Learning Deep Features for Discriminative Localization

This paper leverages global average pooling (GAP) for weakly-supervised object localization and internal CNN representation visualization. The key idea is to apply GAP, on the last convolutional layer, before the single last fully connected layer. This enables discriminative image regions identification in a single forward-pass for a wide variety of tasks. Through GAP, class activation maps (CAM) are automatically generated. The proposed class activation mapping technique identifies the importance of the image regions by projecting back the weights of the output layer on to the convolutional feature maps as shown in the figure below.

Global average pooling (GAP) polls the last convolutional features (activation map) into 1D vector X. The last fully connected layer, from X to logits, identifies the importance of each activation map, i.e. convolutional feature, to every class.

A class activation map (CAM) is generated through a weighted sum of the last convolutional features (activation maps) using the fully connected layer weights per class as shown in the figure below. CAM for a particular class indicates the discriminative image regions used by the CNN to identify that class.

Class Activation Mapping: the predicted class score is mapped back to the previous convolutional layer to generate the class activation maps (CAMs). The CAM highlights the class-specific discriminative regions.

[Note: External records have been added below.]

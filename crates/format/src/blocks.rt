// Layer 1: the file's length, each block's check and header, the blanks.
ghost use Rattle.std.specs.Prelude.{◌≡◌, ◌<◌, not, ◌&&◌, nat_lt, MatchOption};
ghost use Rattle.format.specs.Layout.{check_sum, record_count};
ghost use Rattle.format.specs.Refusals.{refusal_in, first_failing};
ghost use Rattle.format.specs.Checks.{wrong_length, wrong_check, wrong_header, some_nonzero, first_blank, blanks_wrong, block_checks, block_layer};
ghost use Rattle.format.specs.Changed.{OneChangedByteBreaksTheCheck};

use crate::bytes::all_zero;
use crate::checks::ensure;
use crate::faults::{BlockCause, Fault};
use crate::kinds::is_blank;
use crate::layout::{BLOCK, MOST_BLANKS, MOST_BLOCKS, SUMMED};
use crate::reader::Reader;

// The sum that the block's check should hold.
fn weighted_sum(block: &[u8; BLOCK]) -> u32
    ensures { result ≡ check_sum block.now }
{
    block[..SUMMED]
        .iter()
        .enumerate()
        .map(|(i, byte)| (i as u32 + 1) * u32::from(*byte))
        .sum()
}

fn check_right(block: &[u8; BLOCK]) -> bool
    ensures { result ≡ not (wrong_check block.now) }
{
    let [.., c3, c2, c1, c0] = *block;
    u32::from_be_bytes([c3, c2, c1, c0]) == weighted_sum(block)
}

fn header_right(block: &[u8; BLOCK], position: usize, count: usize) -> bool
    ensures { result ≡ not (wrong_header position count block.now) }
{
    let [p1, p0, c1, c0, ..] = *block;
    usize::from(u16::from_be_bytes([p1, p0])) == position
        && usize::from(u16::from_be_bytes([c1, c0])) == count
}

fn length_right(len: usize) -> bool
    ensures { result ≡ not (wrong_length len) }
{
    len % BLOCK == 0 && (BLOCK..=BLOCK * MOST_BLOCKS).contains(&len)
}

// The checks of one block, in their order.
fn check_block(block: &[u8; BLOCK], position: usize, count: usize) -> Result<(), Fault>
    ensures { refusal_in result ≡ first_failing (block_checks position count block.now) }
{
    ensure(check_right(block), BlockCause::Check, position)?;
    ensure(
        header_right(block, position, count),
        BlockCause::Header,
        position,
    )
}

// The place of the first record of kind 0, if there is one.
fn first_blank(file: &[u8]) -> Option<usize>
    ensures { MatchOption result
        (first_blank file.now ≡ record_count file.now)
        (λ first. (first < record_count file.now) × (first ≡ first_blank file.now)) }
{
    Reader::at(file, 0).position(|rec| is_blank(rec))
}

// Whether a record may stand behind that many blanks.
fn blank_right(rec: &[u8], blanks: usize) -> bool
    ensures { result ≡ (nat_lt blanks 8 && not (some_nonzero rec.now)) }
{
    blanks < MOST_BLANKS && all_zero(rec)
}

// Whether from record `first` on there are at most eight records, all zeros.
fn blanks_right(file: &[u8], first: usize) -> bool
    requires { first ≡ first_blank file.now }
    ensures { result ≡ not (blanks_wrong file.now) }
{
    Reader::at(file, first)
        .enumerate()
        .all(|(blanks, rec)| blank_right(rec, blanks))
}

// The block layer's checks, in their order.
pub fn check_blocks(file: &[u8]) -> Result<(), Fault>
    ensures { refusal_in result ≡ first_failing (block_layer file.now) }
{
    ensure(length_right(file.len()), BlockCause::Length, 0)?;
    let (blocks, _) = file.as_chunks::<BLOCK>();
    for (position, block) in blocks.iter().enumerate() {
        check_block(block, position, blocks.len())?;
    }
    match first_blank(file) {
        Some(first) => ensure(blanks_right(file, first), BlockCause::Blank, first),
        None => Ok(()),
    }
}

// The check sees any one changed byte.
#[tactic(auto, using(crate::proofs::OneByte::one_changed_byte))]
pub fn one_changed_byte_holds()
    ensures { OneChangedByteBreaksTheCheck }
{}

The CAM generation idea is simple and applicable to most recent CNN architectures because they employ a single fully connected layer. But to generate CAMs from a VGG, which has multiple fully connected layer, it is required to remove these extra layers and fine-tune the network again. Similar architectural tweaks are proposed in the paper to enable GAP/CAM. For example, the localization ability is improved when the last convolutional layer, before GAP, has a higher spatial resolution. Thus, extra convolutional layers are removed as well. For AlexNet, the layers after conv5 (i.e., pool5 to prob) are removed resulting in a mapping resolution of 13×13. Similar changes applied to VGG and GoogLeNet.

Such architectural tweaks lead to classification performance degradation as shown in the next table. This small performance drop is justified by the extra unsupervised localization capability added to the network.

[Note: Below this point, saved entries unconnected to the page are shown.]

// Goes through a file record by record, stepping over the blocks' headers and checks.
ghost use Rattle.std.specs.Prelude.{◌≡◌, ◌+◌, ◌<◌, ◌≤◌, MatchOption};
ghost use Rattle.std.specs.Iterator.{YieldsFirstRef, MakesProgress, item_count};
ghost use Rattle.format.specs.Layout.{record_count, record_of};
ghost use Rattle.format.specs.Reading.{records_left};

use crate::layout::{BLOCK, HEADER, RECORDS_IN_BLOCK, SUMMED};

// How many bytes a record has.
pub const RECORD: usize = 56;

// The file and the place of the record that comes next.
#[derive(Drop)]
pub struct Reader<'a> {
    file: &'a [u8],
    place: usize,
}

impl<'a> Reader<'a> {
    pub fn at(file: &'a [u8], place: usize) -> Reader<'a>
        ensures file { result.file.now ≡ file.now }
        ensures place { result.place ≡ place }
    {
        Reader { file, place }
    }
}

impl<'a> Iterator for Reader<'a> {
    type Item = &'a [u8; RECORD];

    ghost next_gives = { YieldsFirstRef records_left };

    ghost remaining = { item_count records_left };

    // The next record, a part of one block; none where the whole blocks have no more.
    fn next(&mut self) -> Option<&'a [u8; RECORD]>
        ensures steps { YieldsFirstRef records_left self.old result self.new }
        ensures goes { MakesProgress (λ (_ : Reader). Unit {0}) (item_count records_left) self.old result self.new }
        ensures file { self.new.file.now ≡ self.old.file.now }
        ensures read { MatchOption result
            ((record_count self.old.file.now ≤ self.old.place) × (self.new.place ≡ self.old.place))
            (λ rec. (self.old.place < record_count self.old.file.now)
            × (self.new.place ≡ self.old.place + 1)
            × (rec.now ≡ record_of self.old.file.now self.old.place)) }
    {
        let (blocks, _) = self.file.as_chunks::<BLOCK>();
        let block = blocks.get(self.place / RECORDS_IN_BLOCK)?;
        let (records, _) = block[HEADER..SUMMED].as_chunks::<RECORD>();
        let record = &records[self.place % RECORDS_IN_BLOCK];
        self.place += 1;
        Some(record)
    }
}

Localization evaluation is performed against similar unsupervised and supervised approaches in tables 2 and 3 respectively.

The next figures show qualitative results and how CAM changes per class for a single input.

In the paper, further experiments highlight generic localization capabilities on un-seen datasets like Stanford action40, Caltech256, SUN397 and, UIUCEvent8.

References:

My comments:

[+1] The simplicity of GAP/CAM led to its popularity despite the requirement to tweak the network architectures. The approach is valid for both object and action recognition task as long as a valid architecture is employed.

[+1] The thing I like most about GAP is the ability to generate a per class activation map. To my limited knowledge, most attention and visualization paper generates a single attention map per-input.

[+1] The paper is well-written and easy to understand. The proposed method is evaluated on multiple dataset, architecture, and tasks. Only few tasks are covered in this article.

[-1] My main critic is the localization procedure employed for the quantitative evaluation. It felt adhoc with multiple heuristics. For example, (1) two bounding boxes (one tight and one loose) from are used for evaluation from the class activation map of the top 1st and 2nd predicted classes (2) one loose bounding boxes from the top 3rd predicted class. (3) Convolutional layers are removed to increase activation maps resolution and thus increase localization accuracy. Yet, the paper doesn’t study “what resolution is best?”

I write reviews on computer vision papers. Writing tips are welcomed.